Why? Humor appears to be a coping response to pain and suffering, confusion and disorder. (“Twenty years from now, we’ll all laugh about this.”) At least in the West, we’ve gone to great lengths to minimize pain, suffering, and disorder. At the same time, we’ve achieved near-universal literacy. In consequence, a great deal of humor is now verbal rather than physical, and much of it stems from incongruity and confusion rather than pain.
So the image of guys in exaggerated costumes and facial makeup tearing around being random, honking horns, falling on their faces, and sometimes engaging in sham mayhem among themselves is just not as funny as it used to be. It’s a short tumble from “not funny” to “nasty,” and that’s I think what lies at the core of the fall of clowns from grace.
Now, there’s something else. Loren Coleman published a book in 2004 called The Copycat Effect. It’s not about clowns or Bigfoot or urban legends, but about the media’s ability to take a concept, twist it toward nastiness for maximum effect (“If it bleeds, it leads”) and then be surprised when reports of violence or other crime take on a life of their own, sometimes spawning violence or criminal activity of a similar nature.
I have a hunch that this sort of feedback loop is behind Kreepy Klown Kraziness.

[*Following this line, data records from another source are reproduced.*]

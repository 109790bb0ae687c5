// Versions, as a document has one of the TeXmacs that wrote it.
ghost use Rattle.std.specs.Prelude.{◌≡◌, ◌≤◌, ◌∷◌, [], ◌+◌, true, length, IfOk, IfSome, ◌<◌, option_map};
ghost use Rattle.std.specs.List.{slice_split, list_all};
ghost use Rattle.std.specs.Option.{option_map_or};
ghost use Rattle.std.specs.Ordering.{is_lt, nat_cmp};
ghost use Rattle.std.specs.Cmp.Lexicographic.{slice_cmp};
ghost use Rattle.tx_tree.specs.PathSpelling.{is_digit, number_after};
ghost use Rattle.tx_doc.specs.Versions.{number_of_digits, is_point, version_of, is_old_version};

use std::alloc::Global;
use tx_base::Memory;

// The version from which on documents aren't old.
const MODERN: [u32; 3] = [1, 0, 2];
// The most digits of a number of a version.
const MOST_DIGITS: usize = 9;

// Whether all of these bytes are digits.
fn all_digits(bytes: &[u8]) -> bool
    ensures { result ≡ list_all is_digit bytes.now }
{
    bytes.iter().all(|byte| byte.is_ascii_digit())
}

// The number that so few digits write.
fn value_of(digits: &[u8]) -> u32
    requires digits { list_all is_digit digits.now ≡ true }
    requires few { length digits.now ≤ MOST_DIGITS }
    ensures { result ≡ number_after 0 digits.now }
{
    let mut value = 0;
    for digit in digits {
        value = value * 10 + u32::from(*digit - b'0');
    }
    value
}

// The number that one to nine digits write.
fn number_of_digits(digits: &[u8]) -> Option<u32>
    ensures { result ≡ number_of_digits digits.now }
{
    if digits.is_empty() || digits.len() > MOST_DIGITS || !all_digits(digits) {
        return None;
    }
    Some(value_of(digits))
}

// The bytes before the first point, and those after it. Without a point all bytes come before it.
fn split_at_point(bytes: &[u8]) -> (&[u8], Option<&[u8]>)
    ensures pieces { slice_split is_point bytes.now
        ≡ result.0.now ∷ option_map_or (λ rest. slice_split is_point rest.now) result.1 [] }
    ensures shorter { IfSome result.1 (λ rest. length rest.now < length bytes.now) }
{
    for (at, byte) in bytes.iter().enumerate() {
        if *byte == b'.' {
            return (&bytes[..at], Some(&bytes[at + 1..]));
        }
    }
    (bytes, None)
}

// The numbers of a version, or None where the bytes aren't numbers of one to nine digits with points between them.
fn version_of(alloc: Global, bytes: &[u8]) -> Result<Option<Vec<u32>>, Memory>
    ensures { IfOk result (λ version. option_map (λ v. v.items) version ≡ version_of bytes.now) }
{
    let mut numbers = Vec::new(alloc);
    let mut left = Some(bytes);
    while let Some(text) = left {
        let (digits, rest) = split_at_point(text);
        let Some(number) = number_of_digits(digits) else {
            return Ok(None);
        };
        numbers.push(number)?;
        left = rest;
    }
    Ok(Some(numbers))
}

// Whether the numbers are those of a version before 1.0.2.
fn is_before_modern(numbers: &[u32]) -> bool
    ensures { result ≡ is_lt (slice_cmp nat_cmp numbers.now (1 ∷ 0 ∷ 2 ∷ [])) }
{
    numbers.cmp(MODERN.as_slice()).is_lt()
}

// Whether the bytes are a version before 1.0.2.
pub(crate) fn is_old_version(alloc: Global, bytes: &[u8]) -> Result<bool, Memory>
    ensures { IfOk result (λ old. old ≡ is_old_version bytes.now) }
{
    match version_of(alloc, bytes)? {
        Some(numbers) => Ok(is_before_modern(numbers.as_slice())),
        None => Ok(false),
    }
}
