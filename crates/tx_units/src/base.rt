// The base style.
ghost use Rattle.std.specs.Prelude.{◌≡◌, ◌+◌, ◌≤◌, List, map, IfOk, OnOk};
ghost use Rattle.tx_scm.specs.Spelling.{Spells};
ghost use Rattle.tx_tree.specs.WideTree.{WideTree, nodes_of};
ghost use Rattle.tx_units.specs.BaseTexts.{IsSpelled, AreSpelled, IsOfText, AreOfTexts};
ghost use Rattle.tx_units.specs.Units.{base_units, nodes_made};
ghost use Rattle.tx_units.specs.declared.kinds.Unit.{Unit as DocUnit};

use crate::kinds::{Unit, UnitKind};
use std::alloc::Global;
use std::sync::ledger::Ledger;
use tx_base::{Memory, Steps};
use tx_tree::{ReadFault, Tree};

/// How many units the base style has.
pub const BASE_UNITS: u32 = 26;

// The trees of the base style, in the Scheme syntax.
const BASE_STYLE: [&str; 26] = [
    r#"(assign "font-series" "medium")"#,
    r#"(assign "font-shape" "right")"#,
    r#"(assign "color" "black")"#,
    r#"(assign "par-mode" "left")"#,
    r#"(assign "par-left" "0mcell")"#,
    r#"(assign "par-right" "0mcell")"#,
    r#"(assign "par-first" "0mcell")"#,
    r#"(assign "em" (macro "x" (with "font-shape" "italic" (arg "x"))))"#,
    r#"(assign "strong" (macro "x" (with "font-series" "bold" (arg "x"))))"#,
    r#"(assign "section-nr" "0")"#,
    r#"(assign "subsection-nr" "0")"#,
    "(assign \"section\" (macro \"t\" (concat (assign \"section-nr\" (plus (value \"section-nr\") \
        \"1\")) (assign \"subsection-nr\" \"0\") (with \"font-series\" \"bold\" (concat (value \
        \"section-nr\") \" \" (arg \"t\"))))))",
    "(assign \"subsection\" (macro \"t\" (concat (assign \"subsection-nr\" (plus (value \
        \"subsection-nr\") \"1\")) (with \"font-series\" \"bold\" (concat (value \"section-nr\") \".\" \
        (value \"subsection-nr\") \" \" (arg \"t\"))))))",
    r#"(assign "item-kind" "bullet")"#,
    r#"(assign "item-nr" "0")"#,
    "(assign \"item\" (macro (concat (assign \"item-nr\" (plus (value \"item-nr\") \"1\")) (if (equal \
        (value \"item-kind\") \"number\") (merge (value \"item-nr\") \". \") \"- \"))))",
    "(assign \"itemize\" (macro \"b\" (with \"par-left\" (plus (value \"par-left\") \"2spc\") \
        \"item-kind\" \"bullet\" \"item-nr\" \"0\" (arg \"b\"))))",
    "(assign \"enumerate\" (macro \"b\" (with \"par-left\" (plus (value \"par-left\") \"2spc\") \
        \"item-kind\" \"number\" \"item-nr\" \"0\" (arg \"b\"))))",
    "(assign \"quotation\" (macro \"b\" (with \"par-left\" (plus (value \"par-left\") \"4spc\") \
        \"par-right\" (plus (value \"par-right\") \"4spc\") (arg \"b\"))))",
    r#"(assign "center" (macro "b" (with "par-mode" "center" (arg "b"))))"#,
    r#"(assign "verbatim" (macro "x" (with "font-family" "tt" (arg "x"))))"#,
    r#"(assign "math" (macro "x" (with "mode" "math" (arg "x"))))"#,
    r#"(assign "frac" (macro "a" "b" (concat "(" (arg "a") ")/(" (arg "b") ")")))"#,
    r#"(assign "sqrt" (macro "x" (concat "sqrt(" (arg "x") ")")))"#,
    r#"(assign "rsub" (macro "x" (concat "_" (arg "x"))))"#,
    r#"(assign "rsup" (macro "x" (concat "^" (arg "x"))))"#,
];

// The tree that the text spells.
fn spelled<L: Ledger>(alloc: Global, text: &str, steps: &mut Steps<L>) -> Result<Tree, Memory>
    requires { IsSpelled text.now }
    ensures found { IfOk result (λ t. Spells text.now t) }
    ensures made { (t : WideTree) → Spells text.now t → steps.new ≤ steps.old + nodes_of t }
{
    match tx_scm::read(alloc, text.as_bytes(), steps) {
        Ok(tree) => Ok(tree),
        Err(ReadFault::Memory) => Err(Memory),
        Err(ReadFault::Unclosed(_)) => unreachable!(),
        Err(ReadFault::Stray(_)) => unreachable!(),
        Err(ReadFault::BadEscape(_)) => unreachable!(),
        Err(ReadFault::BadLabel(_)) => unreachable!(),
        Err(ReadFault::BadText(_)) => unreachable!(),
        Err(ReadFault::Mismatch(..)) => unreachable!(),
        Err(ReadFault::After(_)) => unreachable!(),
        Err(ReadFault::Limit(..)) => unreachable!(),
    }
}

// The unit of the base style whose tree the text spells.
fn spelled_unit<L: Ledger>(alloc: Global, text: &str, steps: &mut Steps<L>) -> Result<Unit, Memory>
    requires { IsSpelled text.now }
    ensures ok { IfOk result (IsOfText text.now) }
    ensures made { (t : WideTree) → Spells text.now t → steps.new ≤ steps.old + nodes_of t }
{
    Ok(Unit::new(UnitKind::Base, spelled(alloc, text, steps)?))
}

// The units of the base style whose trees the texts spell.
fn spelled_units<L: Ledger>(
    alloc: Global,
    texts: &[&str],
    steps: &mut Steps<L>,
) -> Result<Vec<Unit>, Memory>
    requires { AreSpelled (map (λ text. text.now) texts.now) }
    ensures ok { IfOk result (λ us. AreOfTexts (map (λ text. text.now) texts.now) us.items) }
    ensures made { (us : List DocUnit) → AreOfTexts (map (λ text. text.now) texts.now) us
        → steps.new ≤ steps.old + nodes_made us }
{
    let mut units = Vec::with_capacity(alloc, texts.len())?;
    for text in texts {
        units.push(spelled_unit(alloc, text, steps)?)?;
    }
    Ok(units)
}

/// The units of the base style, each of which assigns a value to a name. Whatever it returns, the steps rise by at most
/// the nodes of their trees that aren't leaves.
pub fn base_units<L: Ledger>(alloc: Global, steps: &mut Steps<L>) -> Result<Vec<Unit>, Memory>
    ensures units { IfOk result (λ us. us.items ≡ base_units) }
    ensures counted { steps.new ≤ steps.old + nodes_made base_units }
{
    spelled_units(alloc, &BASE_STYLE, steps)
}
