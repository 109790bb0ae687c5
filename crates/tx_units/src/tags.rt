// Nodes, texts and labels that the program itself makes.
ghost use Rattle.std.specs.Prelude.{◌≡◌, ◌+◌, ◌≤◌, length, IfOk};
ghost use Rattle.tx_tree.specs.WideTree.{leaf, node, forest};
ghost use Rattle.tx_tree.specs.Labels.{IsLabel};
ghost use Rattle.tx_tree.specs.Limits.{IsWithinLimits};
ghost use Rattle.tx_tree.specs.Texts.{IsText};
ghost use Rattle.tx_tree.specs.declared.TheConstants.{MOST_TEXT};

use std::alloc::Global;
use std::sync::ledger::Ledger;
use tx_base::{Memory, Steps};
use tx_tree::{Label, LabelFault, Text, TextFault, Tree, TreeFault};

// The label of this name.
pub(crate) fn label(alloc: Global, name: &str) -> Result<Label, Memory>
    requires { IsLabel name.now }
    ensures { IfOk result (λ l. l ≡ name.now) }
{
    match Label::new(alloc, name.as_bytes()) {
        Ok(label) => Ok(label),
        Err(LabelFault::Memory) => Err(Memory),
        Err(LabelFault::BadLabel(_)) => unreachable!(),
    }
}

// The leaf with these words.
pub(crate) fn words(alloc: Global, words: &str) -> Result<Tree, Memory>
    requires text { IsText words.now }
    requires short { length words.now ≤ MOST_TEXT }
    ensures { IfOk result (λ t. t ≡ leaf words.now) }
{
    match Text::new(alloc, words.as_bytes()) {
        Ok(text) => Tree::leaf(alloc, text),
        Err(TextFault::Memory) => Err(Memory),
        Err(TextFault::TooLong(_)) => unreachable!(),
        Err(TextFault::BadByte(_)) => unreachable!(),
        Err(TextFault::BadSymbol(_)) => unreachable!(),
    }
}

// The node with this label and these children, one step.
#[tactic(auto, using(crate::proofs::Within::fault_rules, std::proofs::lemmas::Grind::common_steps))]
pub(crate) fn tag<L: Ledger>(
    alloc: Global,
    label: Label,
    children: Vec<Tree>,
    steps: &mut Steps<L>,
) -> Result<Tree, Memory>
    requires { IsWithinLimits (node label (forest children.items)) }
    ensures ok { IfOk result (λ t. t ≡ node label (forest children.items)) }
    ensures counted { steps.new ≡ steps.old + 1 }
{
    match Tree::node(alloc, label, children, steps) {
        Ok(tree) => Ok(tree),
        Err(TreeFault::Memory) => Err(Memory),
        Err(TreeFault::TooWide(_)) => unreachable!(),
        Err(TreeFault::TooDeep(_)) => unreachable!(),
        Err(TreeFault::TooBig(_)) => unreachable!(),
    }
}
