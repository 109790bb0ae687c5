// The parts of a document.
ghost use Rattle.std.specs.Prelude.{◌≡◌, [], codes, IfOk, OnOk, MatchOption, None, Some};
ghost use Rattle.std.specs.List.{filter_map, position};
ghost use Rattle.std.specs.Option.{option_map_or};
ghost use Rattle.tx_tree.specs.WideTree.{children_of, text_of};
ghost use Rattle.tx_doc.specs.Bodies.{is_labelled};
ghost use Rattle.tx_units.specs.Documents.{is_document, section, names_in, each_once, put_name, style_names, entries};
ghost use Rattle.tx_units.specs.Documents.{paragraphs_in, paragraphs};

use indexmap::IndexSet;
use std::alloc::Global;
use std::slice;
use tx_base::Memory;
use tx_doc::{body, is_labelled};
use tx_tree::{Text, Tree};

// Whether the tree is a `document`.
pub(crate) fn is_document(t: &Tree) -> bool
    ensures { result ≡ is_document t.now }
{
    is_labelled(t, b"document")
}

// The number of the first child with this label.
fn first_labelled(t: &Tree, label: &[u8]) -> Option<usize>
    ensures { result ≡ position (is_labelled label.now) (children_of t.now) }
{
    t.children()
        .iter()
        .position(|part| is_labelled(part, label))
}

// The first child of the first section with this label.
fn section<'a>(t: &'a Tree, label: &[u8]) -> Option<&'a Tree>
    ensures { MatchOption result (section label.now t.now ≡ None) (λ c. section label.now t.now ≡ Some c.now) }
{
    if !is_document(t) {
        return None;
    }
    match first_labelled(t, label) {
        Some(i) => t.children()[i].child(0),
        None => None,
    }
}

// The trees of a `style` that may be names: those of them that are texts are names.
fn name_trees(t: &Tree) -> &[Tree]
    ensures { filter_map text_of result.now ≡ names_in t.now }
{
    if t.label().is_none() {
        slice::from_ref(t)
    } else if is_labelled(t, b"tuple") {
        t.children()
    } else {
        &[]
    }
}

// The trees among which the names of the document's styles are.
fn style_trees(document: &Tree) -> &[Tree]
    ensures { filter_map text_of result.now ≡ option_map_or names_in (section (codes "style") document.now) [] }
{
    match section(document, b"style") {
        Some(style) => name_trees(style),
        None => &[],
    }
}

// Adds the text of a leaf, unless it is there already.
fn add_name(names: &mut IndexSet<Text>, tree: &Tree) -> Result<(), Memory>
    ensures { OnOk result (names.new.keys ≡ put_name names.old.keys (text_of tree.now)) }
{
    match tree.text() {
        None => Ok(()),
        Some(name) => {
            names.insert(name.copy()?)?;
            Ok(())
        }
    }
}

// The texts among the trees, each once, in their order.
fn names_among(alloc: Global, trees: &[Tree]) -> Result<IndexSet<Text>, Memory>
    ensures { IfOk result (λ names. names.keys ≡ each_once (filter_map text_of trees.now)) }
{
    let mut names = IndexSet::new(alloc);
    for tree in trees {
        add_name(&mut names, tree)?;
    }
    Ok(names)
}

/// The styles that the document names, each once, in their order.
pub(crate) fn style_names(alloc: Global, document: &Tree) -> Result<IndexSet<Text>, Memory>
    ensures { IfOk result (λ names. names.keys ≡ style_names document.now) }
{
    names_among(alloc, style_trees(document))
}

// The entries of the initial environment, of any form.
pub(crate) fn entries(document: &Tree) -> &[Tree]
    ensures { result.now ≡ entries document.now }
{
    match section(document, b"initial") {
        Some(initial) if is_labelled(initial, b"collection") => initial.children(),
        _ => &[],
    }
}

// The paragraphs of a body.
fn paragraphs_in(body: &Tree) -> &[Tree]
    ensures { result.now ≡ paragraphs_in body.now }
{
    if is_document(body) {
        body.children()
    } else {
        slice::from_ref(body)
    }
}

// The paragraphs of a buffer with this tree.
pub(crate) fn paragraphs(alloc: Global, t: &Tree) -> Result<&[Tree], Memory>
    ensures { IfOk result (λ ts. ts.now ≡ paragraphs t.now) }
{
    let Some(path) = body(alloc, t)? else {
        return Ok(&[]);
    };
    match t.at(&path) {
        Some(body) => Ok(paragraphs_in(body)),
        None => Ok(&[]),
    }
}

The concept has gone pedal-to-the-floor viral, to the point where Penn State students went out on a frenzied nocturnal clown hunt that only lacked torches and pitchforks to be considered a lynch mob. Social networking barely existed when Coleman’s book appeared in 2004. Today, Facebook and Twitter turn the dial up to 11.
Between the transformation of clowns into unfunny secular demons like Pennywise and the amplifying effect of clickbait sites and social media, we find ourselves with a genuine case of national hysteria. It may take some time to burn out, but if #ClownLivesMatter becomes a real thing, the phenomenon may be gone sooner than we think.
In the meantime, leave your rubber nose in a drawer until the heat dies down.